Drupal Issues Urgent Security Updates for Multiple Vulnerabilities
Drupal, the widely used open-source content management system, has announced critical security updates addressing several “moderately critical” vulnerabilities found in Drupal Core, posing potential risks to hundreds of thousands of websites. This alert serves as a crucial reminder for organizations relying on Drupal to ensure their systems are up-to-date to avoid exploitation.
The Drupal development team has published advisories indicating that the identified security flaws stem from third-party libraries integrated into Drupal 8.6, 8.5, and earlier versions, as well as Drupal 7. Among the vulnerabilities is a cross-site scripting (XSS) flaw linked to jQuery, a ubiquitous JavaScript library widely employed across the web and included in Drupal’s core package.
Last week, jQuery addressed this issue by releasing version 3.4.0, which resolves the vulnerability by mitigating unintended behaviors that could be exploited through unsanitized source objects.
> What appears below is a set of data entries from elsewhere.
//! A thread, which makes turns.
ghost use Rattle.std.specs.Prelude.{◌≡◌, Bool, length, MatchOption};
ghost use Rattle.mz_words.specs.declared.stages.Stage.TheVariants.{Over};
ghost use Rattle.mz_words.specs.Steps.{opening};
ghost use Rattle.mz_words.specs.Turns.{Leads};
ghost use Rattle.mz_words.specs.Replays.{Follows};
ghost use Rattle.mz_thread.specs.Keeping.{MayTurn, Held, IsOver};
ghost use Rattle.mz_thread.specs.Turned.{Turned, AnswersAs, LostAs};
ghost use Rattle.mz_thread.specs.Noted.{IsNoted};

use crate::machine::Machine;
use crate::turns::run;
use mz_words::{Code, End, Options, Stage, Words};
use std::alloc::Global;

/// How a turn ended.
#[derive(Clone, Copy, Debug, PartialEq, Eq)]
pub enum Turn {
    /// The thread goes on in another turn.
    Again,
    /// It is over, with this end.
    Ended(End),
    /// What it would do next is wild: it needs a place outside of the words, or a function that there isn't, or it saw a tag
    /// that no case has, or there is no instruction.
    Wild,
}

/// A thread of a run.
#[derive(Drop)]
pub struct Thread {
    actor: u32,
    machine: Machine,
}

impl Thread {
    /// A thread of this number that hasn't started: where an empty record leaves it. It takes no memory.
    pub fn start(alloc: Global, actor: u32) -> Thread
        ensures number { result.actor ≡ actor }
        ensures opening { result.machine ≡ opening }
    {
        Thread {
            actor,
            machine: Machine::start(alloc),
        }
    }

    /// How it ended, where it is over. It takes no memory.
    pub fn end(&self) -> Option<End>
        ensures { MatchOption result (IsOver self.now.machine.stage → ⊥) (λ e. self.now.machine.stage ≡ Over e) }
    {
        self.machine.end()
    }

    /// How many tries had failed since its last entry but the closing one, or have now where its record isn't closed. It takes no
    /// memory.
    pub fn lost(&self) -> u64
        ensures { result ≡ self.now.machine.lost }
    {
        self.machine.lost
    }

    /// Makes a turn: events up to the first border behind `quantum` units, failed try, idle look or end.
    ///
    /// The words are those of the actor with the thread's number, whose record leaves the thread where it is, and have room for
    /// the entries of its start and its end. So they are after the turn, too. A turn takes memory only for entries of
    /// instructions, for the first frame of a thread that starts, and for the frame of a call. A thread that is over stays so, and
    /// tells its end again.
    #[tactic(auto, using(crate::proofs::Ending::lost_as))]
    pub fn turn<W: Words>(&mut self, code: &Code, words: &mut W, options: &Options) -> Turn
        requires turns { MayTurn code.now options.now self.old.actor (W.sees words.old).size }
        requires own { self.old.actor ≡ (W.sees words.old).actor }
        requires follows { Follows code.now options.now self.old.actor (W.sees words.old).part self.old.machine }
        requires held { Held self.old.machine (W.sees words.old).lost (W.sees words.old).spare }
        requires noted { IsNoted code.now self.old.machine (W.sees words.old).note (length (W.sees words.old).part) }
        ensures follows { Follows code.now options.now self.old.actor (W.sees words.new).part self.new.machine }
        ensures leads { (paused : Bool) × Leads code.now options.now self.old.actor self.old.machine.units (W.sees words.old) self.old.machine (W.sees words.new) self.new.machine paused × Turned code.now options.now self.old.actor self.new.machine paused result }
        ensures lost { LostAs options.now result self.new.machine.lost }
        ensures held { Held self.new.machine (W.sees words.new).lost (W.sees words.new).spare }
        ensures noted { IsNoted code.now self.new.machine (W.sees words.new).note (length (W.sees words.new).part) }
        ensures over { IsOver self.old.machine.stage → (self.new.machine ≡ self.old.machine) × (W.sees words.new ≡ W.sees words.old) }
        ensures number { self.new.actor ≡ self.old.actor }
        ensures actor { (W.sees words.new).actor ≡ (W.sees words.old).actor }
        ensures size { (W.sees words.new).size ≡ (W.sees words.old).size }
        ensures rest { W.rest words.new ≡ W.rest words.old }
    {
        if let Some(end) = self.machine.end() {
            return Turn::Ended(end);
        }
        let actor = self.actor;
        let paused = run(&mut self.machine, code, words, options, actor);
        self.machine.told(paused)
    }
}

impl Machine {
    // the end, of a thread that is over
    fn end(&self) -> Option<End>
        ensures { MatchOption result (IsOver self.now.stage → ⊥) (λ e. self.now.stage ≡ Over e) }
    {
        match self.stage {
            Stage::Over(end) => Some(end),
            _ => None,
        }
    }

    // how the turn ended, by whether its last event ended it
    fn told(&self, paused: bool) -> Turn
        ensures { AnswersAs self.now.stage paused result }
    {
        match self.stage {
            Stage::Over(end) => Turn::Ended(end),
            _ => { if paused { Turn::Again } else { Turn::Wild } }
        }
    }
}
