use decide_flags::{is_same, polled, recovered, sensed, stopped};
use decide_lease::{acquire_check, canceled, granted, renew_check, renewed};
use decide_order::{admitted, early_check, order_check, rejected, resource_of};
use decide_ready::{Verdict, is_passed};
use decide_tick::{Begun, opened, opening_tick};
use host_store::{
    announce, follow, look_allowed, look_due, look_forbidden, look_held, look_hit, look_place,
    look_soonest, place, refuse,
};
use layout::{
    capability_at, carrying_in, cursor_in, falling_in, fixed_in, lease_at, numbers_in, pending_in,
    put_axis, put_carrying, put_cursor, put_entry, put_lease, put_numbers, put_pending,
    put_receipt, put_waiting, renewal_in, request_in, submission_in,
};
use model::{Lease, LeaseSlot, Reason};
use runtime::{awaiting, axis_or_spare, entered, is_begun, is_going_on, next_place};
use state::{AfterRecord, AfterTrip, Answer, Awaited, CallKind, Carrying, Mode, Numbers, Pending};

// flags ----------------------------------------------------------------------------------------------------------------
// New flags.
fn sense(state: &mut [u64], flags: u32, time: u64) -> Answer
    requires { Long state.old }
    ensures { Goes state.old state.new result (Good (runtime_in state.old)) (proceed (sense_rule flags time (book_on (runtime_in state.old)))) }
{
    let fixed = fixed_in(state);
    let numbers = numbers_in(state);
    let falling = falling_in(state);
    let axis = look_forbidden(state, 0, flags);
    let course = sensed(fixed, numbers, falling, axis, flags, time);
    follow(state, course)
}

fn stamped(numbers: Numbers, time: u64) -> Numbers
    ensures { result ≡ stamped_with time numbers }
{
    let mut next = numbers;
    next.state_at = time;
    next
}

// Where the flags are as they were, the stamp alone is stored.
pub fn sense_on(state: &mut [u64], flags: u32, time: u64) -> Answer
    requires { Long state.old }
    ensures { Goes state.old state.new result (Good (runtime_in state.old)) (proceed (sense_rule flags time (book_on (runtime_in state.old)))) }
{
    let numbers = numbers_in(state);
    if is_same(numbers, flags, time) {
        put_numbers(state, stamped(numbers, time));
        put_waiting(state, awaiting(Awaited::Nothing));
        return Answer::Returned;
    }
    sense(state, flags, time)
}

pub fn stop(state: &mut [u64], time: u64) -> Answer
    requires { Long state.old }
    ensures { Goes state.old state.new result (Good (runtime_in state.old)) (proceed (emergency_stop time (book_on (runtime_in state.old)) (λ b. Done b Returned))) }
{
    let fixed = fixed_in(state);
    let numbers = numbers_in(state);
    let course = stopped(fixed, numbers, time, AfterTrip::Return);
    follow(state, course)
}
Notably, this vulnerability remains unassigned a CVE number at this time, yet it is critical due to its potential exploitation within various Drupal modules.
Further vulnerabilities are associated with Symfony PHP components utilized by Drupal Core, which may lead to cross-site scripting (CVE-2019-10909), remote code execution (CVE-2019-10910), and authentication bypass (CVE-2019-10911) attacks. Given the considerable interest hackers have shown in Drupal exploits, organizations are strongly urged to promptly implement the latest CMS updates. Specifically, users of Drupal 8.6 should upgrade to version 8.6.15, those operating on Drupal 8.5 or earlier should upgrade to 8.5.15, and users of Drupal 7 should update to version 7.66.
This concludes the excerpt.